Stored items

//! Which event comes next.

ghost use Rattle.std.specs.Prelude.{◌≡◌, ◌++◌, ◌<◌, ◌+◌, ◌&&◌, not, IfOk, OnOk, length, filter, slice_get};
ghost use Rattle.scheduler_core.specs.declared.event.Event.{Event as AnyEvent};
ghost use Rattle.lock_tree.specs.Ready.{ready};
ghost use Rattle.scheduler_core.specs.Phases.{is_idle};
ghost use Rattle.scheduler_core.specs.Events.{waiting};
ghost use Rattle.scheduler_core.specs.Choices.{next_event, chosen, next_step};
ghost use Rattle.scheduler.specs.Schedules.{log_of, phases_of, phase_in, KeepsItsJobs, steps_of, next_step_at};
ghost use Rattle.scheduler.specs.Moments.{can_make, events_at, IsChoiceAt, IsNextAt};

use crate::scheduler::Scheduler;
use crate::slot::{Slot, is_idle};
use scheduler_core::{Event, enabled_events_are_listed, events_by_places, next_event_is_enabled};
use values::NoMemory;

/// The step that an admitted transaction makes next, `None` exactly where it is settled.
fn next_step(slot: &Slot, no: u64) -> Option<Event>
    ensures { steps_of result ≡ next_step no (phase_in slot.now) }
{
    match slot {
        Slot::Idle => Some(Event::Lend(no)),
        Slot::Lent | Slot::Held(_) => Some(Event::Run(no)),
        Slot::Ran(_, _) => Some(Event::Settle(no)),
        Slot::Settled(_) => None,
    }
}

/// Puts an event after the others, if there is one.
fn push(events: &mut Vec<Event>, event: Option<Event>) -> Result<(), NoMemory>
    ensures { OnOk result (events.new.items ≡ events.old.items ++ steps_of event) }
{
    if let Some(event) = event {
        events.push(event)?;
    }
    Ok(())
}

/// The event at place `n` modulo their count, `None` exactly where there is none.
fn chosen(events: &[Event], n: u64) -> Option<Event>
    ensures { result ≡ chosen n events.now }
{
    if events.is_empty() {
        return None;
    }
    let place = n % events.len() as u64;
    Some(events[place as usize])
}

impl Scheduler {
    /// The next step of the least transaction that is admitted and not settled, or to admit one more where there is
    /// none; `None` exactly where all is done. It is enabled. No job is with the caller, and no memory is taken.
    pub fn next_event(&self) -> Option<Event>
        requires { KeepsItsJobs self.now }
        ensures event { result ≡ next_event self.now.work.first (log_of self.now.work) (phases_of self.now) }
        ensures enabled { IsNextAt self.now result }
    {
        // proof: what events do, by places of the log.
        events_by_places();
        next_event_is_enabled();
        let admitted = self.slots.len();
        if self.settled < admitted {
            let no = self.first + self.settled as u64;
            return next_step(&self.slots[self.settled], no);
        }
        if admitted == self.entries.len() {
            return None;
        }
        Some(Event::Admit)
    }

    /// Whether the next transaction can be admitted: there is one, and there is room for its requests.
    pub(crate) fn can_admit(&self) -> bool
        ensures { result ≡ can_make self.now AnyEvent.Admit }
    {
        let admitted = self.slots.len();
        if admitted >= self.entries.len() {
            return false;
        }
        // Nothing waits then, and each plan fits.
        if self.settled >= admitted {
            return true;
        }
        self.locks.has_room(self.plans.at(admitted))
    }

    /// Whether an admitted transaction is neither out nor settled, and not ready.
    fn waits(&self, place: usize) -> bool
        requires { place < length self.now.slots }
        ensures { result ≡ (is_idle (slice_get (phases_of self.now) place)
            && not (ready (waiting self.now.work.first (log_of self.now.work) (phases_of self.now))
            (self.now.work.first + place))) }
    {
        is_idle(&self.slots, place) && !self.locks.is_ready(self.first + place as u64)
    }

    /// The step that a transaction makes next, if it is enabled.
    fn enabled_step(&self, place: usize) -> Option<Event>
        requires { place < length self.now.slots }
        ensures { steps_of result ≡ filter (can_make self.now) (next_step_at self.now place) }
    {
        // proof: what events do, by places of the log.
        events_by_places();
        if self.waits(place) {
            return None;
        }
        next_step(&self.slots[place], self.first + place as u64)
    }

    /// The enabled events: to admit comes first, then the others by transaction number.
    fn enabled_events(&self) -> Result<Vec<Event>, NoMemory>
        ensures { IfOk result (λ events. events.items ≡ events_at self.now) }
    {
        // proof: what events do, by places of the log.
        events_by_places();
        let mut events = Vec::new(self.alloc);
        if self.can_admit() {
            push(&mut events, Some(Event::Admit))?;
        }
        for place in 0..self.slots.len() {
            push(&mut events, self.enabled_step(place))?;
        }
        Ok(events)
    }

    /// The event at place `n` modulo their count of the enabled events, to admit first and then by transaction number;
    /// `None` exactly where all is done. No job is with the caller.
    pub fn choose(&self, n: u64) -> Result<Option<Event>, NoMemory>
        requires { KeepsItsJobs self.now }
        ensures event { IfOk result (λ event. event ≡ chosen n (events_at self.now)) }
        ensures enabled { IfOk result (IsChoiceAt self.now) }
    {
        // proof: the enabled events are listed, each once.
        enabled_events_are_listed();
        let _slots = &self.slots;
        let events = self.enabled_events()?;
        Ok(chosen(&events, n))
    }
}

● **WHAT YOU ARE ASKED TO DO**:
For the lines above, output exactly those from the line containing "return true;" through the line containing "enabled_events_are_listed();", and skip the others.

● **ANSWER TO THIS EXERCISE**:
            return true;
        }
        self.locks.has_room(self.plans.at(admitted))
    }

    /// Whether an admitted transaction is neither out nor settled, and not ready.
    fn waits(&self, place: usize) -> bool
        requires { place < length self.now.slots }
        ensures { result ≡ (is_idle (slice_get (phases_of self.now) place)
            && not (ready (waiting self.now.work.first (log_of self.now.work) (phases_of self.now))
            (self.now.work.first + place))) }
    {
        is_idle(&self.slots, place) && !self.locks.is_ready(self.first + place as u64)
    }

    /// The step that a transaction makes next, if it is enabled.
    fn enabled_step(&self, place: usize) -> Option<Event>
        requires { place < length self.now.slots }
        ensures { steps_of result ≡ filter (can_make self.now) (next_step_at self.now place) }
    {
        // proof: what events do, by places of the log.
        events_by_places();
        if self.waits(place) {
            return None;
        }
        next_step(&self.slots[place], self.first + place as u64)
    }

    /// The enabled events: to admit comes first, then the others by transaction number.
    fn enabled_events(&self) -> Result<Vec<Event>, NoMemory>
        ensures { IfOk result (λ events. events.items ≡ events_at self.now) }
    {
        // proof: what events do, by places of the log.
        events_by_places();
        let mut events = Vec::new(self.alloc);
        if self.can_admit() {
            push(&mut events, Some(Event::Admit))?;
        }
        for place in 0..self.slots.len() {
            push(&mut events, self.enabled_step(place))?;
        }
        Ok(events)
    }

    /// The event at place `n` modulo their count of the enabled events, to admit first and then by transaction number;
    /// `None` exactly where all is done. No job is with the caller.
    pub fn choose(&self, n: u64) -> Result<Option<Event>, NoMemory>
        requires { KeepsItsJobs self.now }
        ensures event { IfOk result (λ event. event ≡ chosen n (events_at self.now)) }
        ensures enabled { IfOk result (IsChoiceAt self.now) }
    {
        // proof: the enabled events are listed, each once.
        enabled_events_are_listed();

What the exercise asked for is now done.